→ **Brief**: Show each line of the data below that has the string "alpha" in it.

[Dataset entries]
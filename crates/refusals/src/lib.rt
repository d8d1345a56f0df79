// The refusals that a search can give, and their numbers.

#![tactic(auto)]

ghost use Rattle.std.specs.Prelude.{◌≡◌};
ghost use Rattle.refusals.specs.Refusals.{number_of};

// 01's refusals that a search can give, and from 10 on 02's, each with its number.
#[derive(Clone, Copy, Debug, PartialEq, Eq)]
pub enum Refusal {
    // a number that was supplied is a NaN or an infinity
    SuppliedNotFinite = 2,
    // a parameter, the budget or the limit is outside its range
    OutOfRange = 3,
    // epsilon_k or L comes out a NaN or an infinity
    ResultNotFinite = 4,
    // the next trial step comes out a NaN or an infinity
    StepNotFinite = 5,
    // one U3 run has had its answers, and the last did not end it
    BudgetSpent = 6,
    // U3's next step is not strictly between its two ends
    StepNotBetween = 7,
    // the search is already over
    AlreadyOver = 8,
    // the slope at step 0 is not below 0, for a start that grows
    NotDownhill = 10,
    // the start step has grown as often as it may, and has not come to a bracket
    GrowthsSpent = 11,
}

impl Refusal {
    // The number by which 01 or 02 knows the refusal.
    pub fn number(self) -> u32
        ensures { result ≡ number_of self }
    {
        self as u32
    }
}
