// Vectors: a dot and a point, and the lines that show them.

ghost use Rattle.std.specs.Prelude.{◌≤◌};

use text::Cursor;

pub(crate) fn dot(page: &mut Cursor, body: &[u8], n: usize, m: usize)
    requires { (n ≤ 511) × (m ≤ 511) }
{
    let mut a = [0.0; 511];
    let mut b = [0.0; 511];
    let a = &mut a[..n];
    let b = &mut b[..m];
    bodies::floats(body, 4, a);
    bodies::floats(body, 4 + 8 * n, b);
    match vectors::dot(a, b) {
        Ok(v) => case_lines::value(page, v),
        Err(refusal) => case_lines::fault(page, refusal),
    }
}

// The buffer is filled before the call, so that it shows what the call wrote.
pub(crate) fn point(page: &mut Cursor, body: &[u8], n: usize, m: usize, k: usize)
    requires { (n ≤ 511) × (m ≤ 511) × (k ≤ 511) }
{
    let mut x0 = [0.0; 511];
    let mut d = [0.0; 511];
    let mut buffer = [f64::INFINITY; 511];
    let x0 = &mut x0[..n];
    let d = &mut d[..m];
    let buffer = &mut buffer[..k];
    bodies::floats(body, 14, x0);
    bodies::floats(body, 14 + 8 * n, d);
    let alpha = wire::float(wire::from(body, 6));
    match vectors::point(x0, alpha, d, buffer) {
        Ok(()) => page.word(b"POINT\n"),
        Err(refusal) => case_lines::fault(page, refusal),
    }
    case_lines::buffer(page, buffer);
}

* * *

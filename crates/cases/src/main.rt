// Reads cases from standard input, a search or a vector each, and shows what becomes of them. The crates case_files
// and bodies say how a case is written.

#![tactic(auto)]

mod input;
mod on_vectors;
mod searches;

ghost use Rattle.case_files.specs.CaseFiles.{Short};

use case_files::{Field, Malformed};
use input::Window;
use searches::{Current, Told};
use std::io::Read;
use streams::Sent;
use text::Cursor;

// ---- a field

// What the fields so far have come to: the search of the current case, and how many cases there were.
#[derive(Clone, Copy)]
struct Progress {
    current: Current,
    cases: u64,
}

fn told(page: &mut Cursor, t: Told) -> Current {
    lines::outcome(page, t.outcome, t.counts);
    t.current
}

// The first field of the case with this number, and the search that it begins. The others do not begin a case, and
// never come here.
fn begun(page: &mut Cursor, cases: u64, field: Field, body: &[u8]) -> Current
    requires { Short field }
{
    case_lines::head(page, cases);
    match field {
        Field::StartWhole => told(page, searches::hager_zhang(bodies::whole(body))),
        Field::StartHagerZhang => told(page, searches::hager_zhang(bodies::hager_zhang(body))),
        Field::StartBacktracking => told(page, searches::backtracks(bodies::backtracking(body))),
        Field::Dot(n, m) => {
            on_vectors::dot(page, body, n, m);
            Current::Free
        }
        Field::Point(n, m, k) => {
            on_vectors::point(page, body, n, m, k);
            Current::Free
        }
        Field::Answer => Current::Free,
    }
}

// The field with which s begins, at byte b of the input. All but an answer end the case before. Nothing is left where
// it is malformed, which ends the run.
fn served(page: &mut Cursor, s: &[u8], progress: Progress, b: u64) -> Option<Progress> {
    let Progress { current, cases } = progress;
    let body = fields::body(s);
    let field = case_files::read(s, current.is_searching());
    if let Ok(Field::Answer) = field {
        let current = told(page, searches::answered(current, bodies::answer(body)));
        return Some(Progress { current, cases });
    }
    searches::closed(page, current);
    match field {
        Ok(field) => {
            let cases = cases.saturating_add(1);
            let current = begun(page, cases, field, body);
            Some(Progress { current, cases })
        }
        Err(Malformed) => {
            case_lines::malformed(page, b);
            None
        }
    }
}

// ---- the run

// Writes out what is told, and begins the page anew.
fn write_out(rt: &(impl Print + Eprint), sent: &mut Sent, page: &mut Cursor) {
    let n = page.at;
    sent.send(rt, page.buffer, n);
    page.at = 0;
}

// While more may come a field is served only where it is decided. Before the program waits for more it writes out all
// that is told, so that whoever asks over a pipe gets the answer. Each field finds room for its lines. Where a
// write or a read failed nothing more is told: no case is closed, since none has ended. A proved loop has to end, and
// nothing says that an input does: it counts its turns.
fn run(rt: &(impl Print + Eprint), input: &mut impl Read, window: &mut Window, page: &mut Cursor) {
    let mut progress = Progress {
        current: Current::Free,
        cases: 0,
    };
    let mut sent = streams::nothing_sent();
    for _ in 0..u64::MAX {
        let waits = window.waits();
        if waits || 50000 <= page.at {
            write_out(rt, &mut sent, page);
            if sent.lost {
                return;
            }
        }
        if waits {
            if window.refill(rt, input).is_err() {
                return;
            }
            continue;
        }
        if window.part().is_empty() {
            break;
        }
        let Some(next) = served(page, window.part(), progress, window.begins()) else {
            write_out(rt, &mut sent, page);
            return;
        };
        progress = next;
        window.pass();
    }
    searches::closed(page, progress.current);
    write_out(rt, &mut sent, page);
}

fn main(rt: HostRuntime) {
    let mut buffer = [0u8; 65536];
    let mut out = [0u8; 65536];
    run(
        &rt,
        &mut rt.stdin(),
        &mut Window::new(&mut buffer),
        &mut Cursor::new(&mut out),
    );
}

→ **Solution for this exercise**:
    let alpha = wire::float(wire::from(body, 6));
    match vectors::point(x0, alpha, d, buffer) {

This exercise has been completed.